1. **Ask human** to pick a report from `$REPORTS/` (list available drafts)
2. **Read the selected report** — extract program, platform, vuln type
3. **Fetch accepted reports** for that program on the platform:
   - huntr: WebFetch `https://huntr.com/bounties?program=<name>&status=accepted` — look for disclosure format, detail level, PoC style
   - HackerOne: WebSearch `"<program> hackerone disclosed report"` — study public disclosures
4. **Compare** our draft against accepted patterns:
   - Structure: do accepted reports use different sections?
   - PoC quality: more detailed steps? Screenshots? Video?
   - Severity justification: do they include CVSS breakdown? Business impact?
   - Tone/language: more formal? Less? Technical depth?
   - Fix suggestions: do accepted reports propose patches?
5. **Output concrete suggestions** — what to change, add, or remove. Rewrite sections if needed.
6. **Update the report file** with improvements (keep STATUS: DRAFT)
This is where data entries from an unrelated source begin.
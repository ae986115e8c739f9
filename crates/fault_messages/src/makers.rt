//! The lines that make nodes, the one that makes a node of a name, and the kind of node.
ghost use Rattle.std.specs.Prelude.{◌≡◌, option_copied};
ghost use Rattle.graph_script.specs.Lexical.{words_of};
ghost use Rattle.fault_messages.specs.Makers.{names_new, is_maker, makes, maker, is_made, kind_in, kind_of};
ghost use Rattle.fault_messages.specs.Places.{lines_before};

use crate::lines::word_of;
use graph_script::{Form, Name, name_called, params_of};
use pw_lists::next_piece;

// Whether the first word of a command names a new node.
fn names_new(name: Option<Name>) -> bool
    ensures { result ≡ names_new name }
{
    let Some(name) = name else {
        return false;
    };
    match params_of(name) {
        [] => false,
        [first, _more @ ..] => matches!(first.form, Form::New),
    }
}

/// Whether the line makes a node.
pub fn is_maker(line: &[u8]) -> bool
    ensures { result ≡ is_maker line.now }
{
    names_new(name_called(word_of(line, 0)))
}

// Whether the line makes a node of this name.
fn makes(name: &[u8], line: &[u8]) -> bool
    ensures { result ≡ makes name.now line.now }
{
    is_maker(line) && word_of(line, 1) == name
}

// The first line before the one of this number, counted from 1, that makes a node of this name.
fn maker<'a>(script: &'a [u8], number: u32, name: &[u8]) -> Option<&'a [u8]>
    ensures { option_copied result ≡ maker name.now (lines_before script.now number) }
{
    let mut rest = script;
    for _ in 1..number {
        let (line, after) = next_piece(rest, b'\n');
        if makes(name, line) {
            return Some(line);
        }
        match after {
            None => return None,
            Some(more) => rest = more,
        }
    }
    None
}

/// Whether there is such a line.
pub fn is_made(script: &[u8], number: u32, name: &[u8]) -> bool
    ensures { result ≡ is_made name.now (lines_before script.now number) }
{
    maker(script, number, name).is_some()
}

/// The kind of the node of this name, by the lines before the one of this number; nothing where
/// no such line makes it.
#[tactic(auto, unfolding(crate::specs::Makers::kind_of))]
pub fn kind_of<'a>(script: &'a [u8], number: u32, name: &[u8]) -> &'a [u8]
    ensures { result.now ≡ kind_of name.now (lines_before script.now number) }
{
    match maker(script, number, name) {
        None => b"".as_slice(),
        Some(line) => word_of(line, 0),
    }
}
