//! Equal values in memory of their own.
ghost use Rattle.std.specs.Prelude.{◌≡◌, IfOk};

use crate::pod::{Control, Pod, Prop};
use pw_lists::{Items, Memory};
use std::alloc::Global;

impl Pod {
    /// An equal value.
    #[cycle(copy)]
    pub fn copy(&self, alloc: Global) -> Result<Pod, Memory>
        ensures { IfOk result (λ pod. pod ≡ self.now) }
    {
        match self {
            Pod::None => Ok(Pod::None),
            Pod::Bool(set) => Ok(Pod::Bool(*set)),
            Pod::Id(id) => Ok(Pod::Id(*id)),
            Pod::Int(n) => Ok(Pod::Int(*n)),
            Pod::Long(n) => Ok(Pod::Long(*n)),
            Pod::FloatBits(bits) => Ok(Pod::FloatBits(*bits)),
            Pod::DoubleBits(bits) => Ok(Pod::DoubleBits(*bits)),
            Pod::Text(text) => Ok(Pod::Text(text.copy(alloc)?)),
            Pod::Bytes(bytes) => Ok(Pod::Bytes(bytes.copy(alloc)?)),
            Pod::Rectangle { width, height } => Ok(Pod::Rectangle {
                width: *width,
                height: *height,
            }),
            Pod::Fraction { num, denom } => Ok(Pod::Fraction {
                num: *num,
                denom: *denom,
            }),
            Pod::Bitmap(bits) => Ok(Pod::Bitmap(bits.copy(alloc)?)),
            Pod::Fd(fd) => Ok(Pod::Fd(*fd)),
            Pod::Array { child, values } => Ok(Pod::Array {
                child: *child,
                values: copy_pods(alloc, values.as_slice())?,
            }),
            Pod::Struct(fields) => Ok(Pod::Struct(copy_pods(alloc, fields.as_slice())?)),
            Pod::Object { object, id, props } => Ok(Pod::Object {
                object: *object,
                id: *id,
                props: copy_props(alloc, props.as_slice())?,
            }),
            Pod::Choice {
                kind,
                flags,
                child,
                values,
            } => Ok(Pod::Choice {
                kind: *kind,
                flags: *flags,
                child: *child,
                values: copy_pods(alloc, values.as_slice())?,
            }),
            Pod::Sequence { unit, controls } => Ok(Pod::Sequence {
                unit: *unit,
                controls: copy_controls(alloc, controls.as_slice())?,
            }),
        }
    }
}

/// Equal values, in this order. Takes memory and time proportional to all that they hold.
#[cycle(copy)]
pub fn copy_pods(alloc: Global, pods: &[Pod]) -> Result<Items<Pod>, Memory>
    ensures { IfOk result (λ all. all ≡ pods.now) }
{
    let mut all = Items::new(alloc);
    for pod in pods {
        all.push(pod.copy(alloc)?)?;
    }
    Ok(all)
}

#[cycle(copy)]
fn copy_props(alloc: Global, props: &[Prop]) -> Result<Items<Prop>, Memory>
    ensures { IfOk result (λ all. all ≡ props.now) }
{
    let mut all = Items::new(alloc);
    for prop in props {
        all.push(Prop {
            key: prop.key,
            flags: prop.flags,
            value: prop.value.copy(alloc)?,
        })?;
    }
    Ok(all)
}

#[cycle(copy)]
fn copy_controls(alloc: Global, controls: &[Control]) -> Result<Items<Control>, Memory>
    ensures { IfOk result (λ all. all ≡ controls.now) }
{
    let mut all = Items::new(alloc);
    for control in controls {
        all.push(Control {
            offset: control.offset,
            kind: control.kind,
            value: control.value.copy(alloc)?,
        })?;
    }
    Ok(all)
}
## Platform Submission Formats

### huntr — Open Source Vulnerability Form
When preparing SUBMIT handoff for huntr, format each report as these form fields:

```
Package Manager: pip | npm | go | cargo | maven (match the repo's language)
Version Affected: latest release version (check pypi/npm/etc, not dev version)
Vulnerability Type: dropdown — Path Traversal | SSRF | IDOR | XSS | RCE | etc.
CVSS: select each vector component individually:
  - Attack Vector: Network | Adjacent | Local | Physical
  - Attack Complexity: Low | High
  - Privileges Required: None | Low | High
  - User Interaction: None | Required
  - Scope: Unchanged | Changed
  - Confidentiality: None | Low | High
  - Integrity: None | Low | High
  - Availability: None | Low | High
Title: short summary of the vulnerability (1 line)
Description: markdown with two sections:
  # Description
  <what the vuln is, root cause, why it's exploitable>

  # Proof of Concept
  <setup instructions + exploit commands>
Impact: "This vulnerability is capable of..." (1-3 sentences)
Occurrences: permalinks to vulnerable lines in the repo
  - Permalink: https://github.com/owner/repo/blob/<commit>/path/to/file.ext#L1-L19
  - Description: what this code does wrong (supports markdown)
  (add multiple occurrences — 20% bonus per occurrence patched)
References: supporting links
  - URL + Name (CWE, OWASP, prior CVEs, etc.)
```

## Environment Rules
- Never install pip packages globally. Always use a venv (`python3 -m venv` or existing project venv).

## Run History
See `docs/run-log-*.md` for per-session results, lessons, and metrics.
# Git Workflow (Auto Commit + Push)

When a task results in a coherent, committable set of changes:
- Stage the relevant files (`git add ...`).
- Create a descriptive commit (`git commit -m "..."`).
- Push to the current branch (`git push`).

Do this automatically unless I explicitly say not to push/commit.

Commit everything that cannot be regenerated (findings.db, briefings, reports, targets, scripts, config). The repo is private — full state enables resumability across machines. Only exclude `data/repos/` (cloned repos are regenerable via `git clone`).